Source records

● ● ● ●

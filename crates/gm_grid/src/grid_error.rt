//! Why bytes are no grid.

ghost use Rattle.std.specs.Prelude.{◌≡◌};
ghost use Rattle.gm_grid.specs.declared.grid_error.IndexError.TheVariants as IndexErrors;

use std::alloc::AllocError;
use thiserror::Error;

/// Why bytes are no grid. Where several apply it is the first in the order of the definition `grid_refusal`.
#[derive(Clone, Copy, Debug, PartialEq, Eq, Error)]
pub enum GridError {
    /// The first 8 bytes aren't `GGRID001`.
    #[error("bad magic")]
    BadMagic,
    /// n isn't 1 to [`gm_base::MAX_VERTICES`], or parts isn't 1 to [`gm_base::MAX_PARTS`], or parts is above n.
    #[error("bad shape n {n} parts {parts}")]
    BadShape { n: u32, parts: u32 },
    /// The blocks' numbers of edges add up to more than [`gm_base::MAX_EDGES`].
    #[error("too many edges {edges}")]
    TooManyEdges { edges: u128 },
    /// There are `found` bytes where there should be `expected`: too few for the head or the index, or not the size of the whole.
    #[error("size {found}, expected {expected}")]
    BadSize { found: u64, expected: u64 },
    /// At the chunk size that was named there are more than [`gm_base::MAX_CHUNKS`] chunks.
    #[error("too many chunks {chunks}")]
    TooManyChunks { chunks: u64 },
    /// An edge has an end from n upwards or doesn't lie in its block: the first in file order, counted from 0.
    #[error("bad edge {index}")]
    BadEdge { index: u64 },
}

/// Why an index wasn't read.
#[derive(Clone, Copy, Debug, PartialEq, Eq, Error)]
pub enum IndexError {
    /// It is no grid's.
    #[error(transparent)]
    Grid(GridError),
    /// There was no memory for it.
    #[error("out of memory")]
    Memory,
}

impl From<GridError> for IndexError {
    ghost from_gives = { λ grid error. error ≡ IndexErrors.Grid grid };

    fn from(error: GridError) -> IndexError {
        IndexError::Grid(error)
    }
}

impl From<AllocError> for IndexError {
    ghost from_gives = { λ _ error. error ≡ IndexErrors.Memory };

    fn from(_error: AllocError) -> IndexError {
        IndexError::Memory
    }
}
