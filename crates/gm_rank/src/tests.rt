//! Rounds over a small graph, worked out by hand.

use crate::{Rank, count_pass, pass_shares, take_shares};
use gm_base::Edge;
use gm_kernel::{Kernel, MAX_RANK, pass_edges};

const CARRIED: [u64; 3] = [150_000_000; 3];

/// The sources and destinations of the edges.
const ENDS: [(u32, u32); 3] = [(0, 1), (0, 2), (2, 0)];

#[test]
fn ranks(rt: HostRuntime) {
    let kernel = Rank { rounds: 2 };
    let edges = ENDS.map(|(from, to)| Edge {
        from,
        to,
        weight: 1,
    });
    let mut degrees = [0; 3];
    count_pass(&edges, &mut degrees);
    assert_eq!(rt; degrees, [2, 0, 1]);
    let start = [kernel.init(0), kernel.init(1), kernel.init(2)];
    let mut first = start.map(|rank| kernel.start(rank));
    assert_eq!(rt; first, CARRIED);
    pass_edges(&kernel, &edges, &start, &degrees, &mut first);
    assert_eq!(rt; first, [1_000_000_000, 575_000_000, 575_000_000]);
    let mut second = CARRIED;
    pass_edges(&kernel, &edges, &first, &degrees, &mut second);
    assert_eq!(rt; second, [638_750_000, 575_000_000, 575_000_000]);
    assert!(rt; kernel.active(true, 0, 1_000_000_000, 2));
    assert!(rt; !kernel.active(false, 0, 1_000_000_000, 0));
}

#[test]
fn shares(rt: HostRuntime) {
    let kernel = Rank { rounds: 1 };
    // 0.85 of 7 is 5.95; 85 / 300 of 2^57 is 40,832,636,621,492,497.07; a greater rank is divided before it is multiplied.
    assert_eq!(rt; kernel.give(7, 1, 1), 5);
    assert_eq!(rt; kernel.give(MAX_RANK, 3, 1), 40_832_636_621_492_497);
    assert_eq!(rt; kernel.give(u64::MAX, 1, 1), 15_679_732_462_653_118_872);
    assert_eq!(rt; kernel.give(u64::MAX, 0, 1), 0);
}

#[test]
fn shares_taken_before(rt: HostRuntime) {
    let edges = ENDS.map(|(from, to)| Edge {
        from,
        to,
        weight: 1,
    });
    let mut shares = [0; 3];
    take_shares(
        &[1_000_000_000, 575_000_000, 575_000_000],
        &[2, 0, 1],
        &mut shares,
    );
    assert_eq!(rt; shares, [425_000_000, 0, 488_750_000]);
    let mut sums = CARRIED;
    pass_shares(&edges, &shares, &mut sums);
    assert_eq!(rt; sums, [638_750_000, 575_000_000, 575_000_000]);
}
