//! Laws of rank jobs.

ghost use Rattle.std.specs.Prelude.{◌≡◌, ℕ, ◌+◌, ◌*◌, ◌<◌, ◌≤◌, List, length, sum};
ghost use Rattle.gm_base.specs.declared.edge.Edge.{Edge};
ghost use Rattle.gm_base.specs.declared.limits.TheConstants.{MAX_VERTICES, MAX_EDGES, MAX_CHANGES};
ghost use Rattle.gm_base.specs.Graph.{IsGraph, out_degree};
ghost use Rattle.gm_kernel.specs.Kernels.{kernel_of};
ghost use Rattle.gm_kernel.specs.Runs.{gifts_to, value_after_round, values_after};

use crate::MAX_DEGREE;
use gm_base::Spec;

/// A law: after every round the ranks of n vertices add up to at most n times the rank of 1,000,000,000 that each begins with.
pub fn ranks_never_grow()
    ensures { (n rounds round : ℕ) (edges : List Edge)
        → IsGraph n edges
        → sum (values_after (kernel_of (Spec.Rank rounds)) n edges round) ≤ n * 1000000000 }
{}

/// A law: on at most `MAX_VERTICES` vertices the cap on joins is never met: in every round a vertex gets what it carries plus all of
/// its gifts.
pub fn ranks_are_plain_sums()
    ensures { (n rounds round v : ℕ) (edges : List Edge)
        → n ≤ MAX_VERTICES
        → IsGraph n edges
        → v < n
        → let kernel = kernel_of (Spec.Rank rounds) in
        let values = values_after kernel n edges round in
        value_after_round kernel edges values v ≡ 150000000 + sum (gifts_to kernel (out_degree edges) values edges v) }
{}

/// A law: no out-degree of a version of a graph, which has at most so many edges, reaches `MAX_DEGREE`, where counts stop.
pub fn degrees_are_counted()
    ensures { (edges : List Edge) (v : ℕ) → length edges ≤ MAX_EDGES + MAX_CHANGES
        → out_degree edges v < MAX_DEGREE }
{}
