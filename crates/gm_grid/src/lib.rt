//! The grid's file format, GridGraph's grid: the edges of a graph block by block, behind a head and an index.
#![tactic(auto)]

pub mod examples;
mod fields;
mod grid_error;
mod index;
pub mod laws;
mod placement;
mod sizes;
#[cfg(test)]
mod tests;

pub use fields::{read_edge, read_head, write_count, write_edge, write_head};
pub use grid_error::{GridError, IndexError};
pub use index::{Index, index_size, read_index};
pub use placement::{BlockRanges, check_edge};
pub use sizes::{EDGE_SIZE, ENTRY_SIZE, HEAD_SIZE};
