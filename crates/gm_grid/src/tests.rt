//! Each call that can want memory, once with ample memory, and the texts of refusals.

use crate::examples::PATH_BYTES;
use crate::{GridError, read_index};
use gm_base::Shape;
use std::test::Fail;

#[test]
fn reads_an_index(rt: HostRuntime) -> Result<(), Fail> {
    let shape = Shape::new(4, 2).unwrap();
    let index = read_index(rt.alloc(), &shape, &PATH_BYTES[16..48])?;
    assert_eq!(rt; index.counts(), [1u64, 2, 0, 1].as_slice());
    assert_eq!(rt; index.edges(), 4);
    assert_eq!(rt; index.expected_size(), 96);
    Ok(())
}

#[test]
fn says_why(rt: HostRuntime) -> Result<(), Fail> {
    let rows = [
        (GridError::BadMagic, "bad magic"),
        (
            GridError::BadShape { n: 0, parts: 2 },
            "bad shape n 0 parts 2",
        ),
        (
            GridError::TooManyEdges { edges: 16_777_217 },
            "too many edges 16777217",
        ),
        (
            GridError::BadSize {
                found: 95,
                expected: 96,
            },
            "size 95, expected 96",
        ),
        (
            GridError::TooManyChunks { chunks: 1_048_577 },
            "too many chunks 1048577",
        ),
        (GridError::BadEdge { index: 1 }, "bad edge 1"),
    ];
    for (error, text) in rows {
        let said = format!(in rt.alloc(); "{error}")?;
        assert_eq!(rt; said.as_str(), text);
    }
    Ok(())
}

● ● ● ●

= What is expected =
Look above for the line with "#[error(transparent)]" and the line with "count_pass(&edges, &mut degrees);"; transcribe both and all lines in between, exactly, and nothing else.

= Exercise output =
    #[error(transparent)]
    Grid(GridError),
    /// There was no memory for it.
    #[error("out of memory")]
    Memory,
}

impl From<GridError> for IndexError {
    ghost from_gives = { λ grid error. error ≡ IndexErrors.Grid grid };

    fn from(error: GridError) -> IndexError {
        IndexError::Grid(error)
    }
}

impl From<AllocError> for IndexError {
    ghost from_gives = { λ _ error. error ≡ IndexErrors.Memory };

    fn from(_error: AllocError) -> IndexError {
        IndexError::Memory
    }
}
filename crates/gm_rank/src/tests.rt
//! Rounds over a small graph, worked out by hand.

use crate::{Rank, count_pass, pass_shares, take_shares};
use gm_base::Edge;
use gm_kernel::{Kernel, MAX_RANK, pass_edges};

const CARRIED: [u64; 3] = [150_000_000; 3];

/// The sources and destinations of the edges.
const ENDS: [(u32, u32); 3] = [(0, 1), (0, 2), (2, 0)];

#[test]
fn ranks(rt: HostRuntime) {
    let kernel = Rank { rounds: 2 };
    let edges = ENDS.map(|(from, to)| Edge {
        from,
        to,
        weight: 1,
    });
    let mut degrees = [0; 3];
    count_pass(&edges, &mut degrees);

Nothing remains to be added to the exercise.